Bradley Barth, MD, MPH is a Professor of Pediatrics and the Division Director of Pediatric Gastroenterology, Hepatology and Nutrition at UT Southwestern Medical Center and Children's Medical Center, Dallas, USA. He completed a Bachelor of Arts degree at The University of Texas at Austin, USA and a Master of Public Health degree at The University of Texas School of Public Health in Houston, USA before attending The University of Texas Medical School in San Antonio, USA. He then completed his residency at Tufts University, USA and The Floating Hospital for Children, and a fellowship in Pediatric Gastroenterology, Hepatology and Nutrition at Children's Hospital Boston, USA, in 2004. Dr Barth's clinical and research interests include therapeutic endoscopy, enteroscopy, ERCP, endoscopic treatment of gastrointestinal bleeding, complex esophageal strictures, and recurrent and chronic pancreatitis.
Henry H. Bernstein
Dr Bernstein is a Professor of Pediatrics at Hofstra Northwell School of Medicine in New York, USA. He taps into his extensive 32-year experience as a general pediatrician in private practice and in academia at urban, suburban, and rural children's hospitals to promote the health and wellbeing of children, their families, and their communities. His private, community-based primary care (generalist) experiences in combination with academic experiences have provided him with a value-added, translational science perspective, unique from many others in academia. This tacit knowledge enables him to fulfill a lifelong passion of communicating, educating, and translating science into clinical settings, educational venues, policy-making, and media interactions to advance the health of children.

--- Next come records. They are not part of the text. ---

ghost use Rattle.std.specs.Prelude.{◌≡◌, ◌≢◌, [], All, IsNone, IfSome, string_bytes, bytes_eq};
ghost use Rattle.std.specs.List.{position};
ghost use Rattle.fb_outside.specs.Open.{without, KeepsLast};

use std::alloc::Global;
use std::marker::Model;

const MOST_OPEN: usize = 8;

/// A file that is open, and the name under which it was opened.
#[derive(Drop)]
pub(crate) struct OpenFile<T> {
    pub(crate) name: String,
    pub(crate) file: T,
}

/// At most eight open files, that which was used last at the end. Contracts see the list of their names.
#[derive(Drop)]
pub(crate) struct OpenFiles<T> {
    files: Vec<OpenFile<T>>,
}

impl<T> Model for OpenFiles<T> {
    ghost use Rattle.std.specs.Prelude.{List, ℕ, ◌≤◌, length, map, string_bytes};

    ghost Value = { List (List ℕ) };

    ghost view = { λ s. map (λ kept. string_bytes kept.name) s.files.items };

    ghost invariant = { λ s. length s.files.items ≤ 8 };
}

impl<T> OpenFiles<T> {
    pub(crate) fn none(alloc: Global) -> OpenFiles<T>
        ensures { result ≡ [] }
    {
        OpenFiles {
            files: Vec::new(alloc),
        }
    }

    /// Takes out the file of this name, where there is one.
    pub(crate) fn take(&mut self, name: &str) -> Option<OpenFile<T>>
        ensures named { IfSome result (λ kept. string_bytes kept.name ≡ name.now) }
        ensures missed { IsNone result → All (λ n. n ≢ name.now) self.old }
        ensures same { IsNone result → self.new ≡ self.old }
    {
        let place = place_of(self.files.as_slice(), name)?;
        Some(self.files.remove(place))
    }
}

impl<T: Drop> OpenFiles<T> {
    /// Keeps the file. Where there are eight, the one that was used longest ago is closed for it.
    /// Where memory is wanting, it is closed itself.
    pub(crate) fn keep(&mut self, kept: OpenFile<T>)
        ensures { KeepsLast self.old self.new (string_bytes kept.name) }
    {
        if self.files.len() == MOST_OPEN {
            self.files.remove(0);
        }
        let _ = self.files.push(kept);
    }

    /// Closes the file of this name, where there is one.
    pub(crate) fn close(&mut self, name: &str)
        ensures { self.new ≡ without name.now self.old }
    {
        self.files.retain(|kept| kept.name.as_str() != name);
    }
}

/// The place of the first file of this name.
fn place_of<T>(files: &[OpenFile<T>], name: &str) -> Option<usize>
    ensures { result ≡ position (λ kept. bytes_eq (string_bytes kept.name) name.now) files.now }
{
    files.iter().position(|kept| kept.name.as_str() == name)
}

Research is consistently woven into the fabric of Dr Bernstein's clinical practice, which has served as a “laboratory” for his active studies. His research and quality improvement initiatives focus on issues important to Academic General Pediatrics and community-based practice, including immunizations, postpartum newborn discharge, childhood obesity, breastfeeding, health promotion, preventive health screening in primary care, technology, and medical education. His commitment, innovative spirit, and enthusiasm also encompass many facets of medical education along the continuum, from training and mentoring future physicians to fostering lifelong learning, to supporting the continuous professional development of practicing pediatricians.
Hank is an ex-officio member of the American Academy of Pediatrics’ Committee on Infectious Diseases (Red Book Committee), Associate Editor of Red Book Online, and AAP liaison to the CDC Advisory Committee on Immunization Practices’ Influenza Workgroup, spearheading both seasonal and pandemic influenza preparedness and policy for children. In addition, he is Editor-in-Chief Emeritus of PediaLink, the AAP's online home for lifelong learning and chair of the interdisciplinary Bright Futures Health Promotion Workgroup, which has created a distinctive health promotion curriculum, videos, and a companion educational website (www.pediatricsinpractice.org). He regularly shares his knowledge and expertise by educating the public, writing for health information websites, and participating in media interviews on a variety of pediatric health care issues including immunization, diagnosis and treatment of common childhood infectious diseases and illnesses, and practical information for parents, teachers and caregivers.
In the spirit of lifelong learning, Hank earned a masters in healthcare management at Harvard School of Public Health, USA, in 2013. He actively maintains his certification by the American Board of Pediatrics. He completed his residency training in pediatrics at St Christopher's Hospital for Children in Philadelphia, USA, after earning his medical degree from the University of Medicine and Dentistry of New Jersey - School of Osteopathic Medicine, USA. Hank and his wife, Sophie, have been married for 36 years and are extremely proud of their 31-year-old daughter, Lauren, and 26-year-old son, David.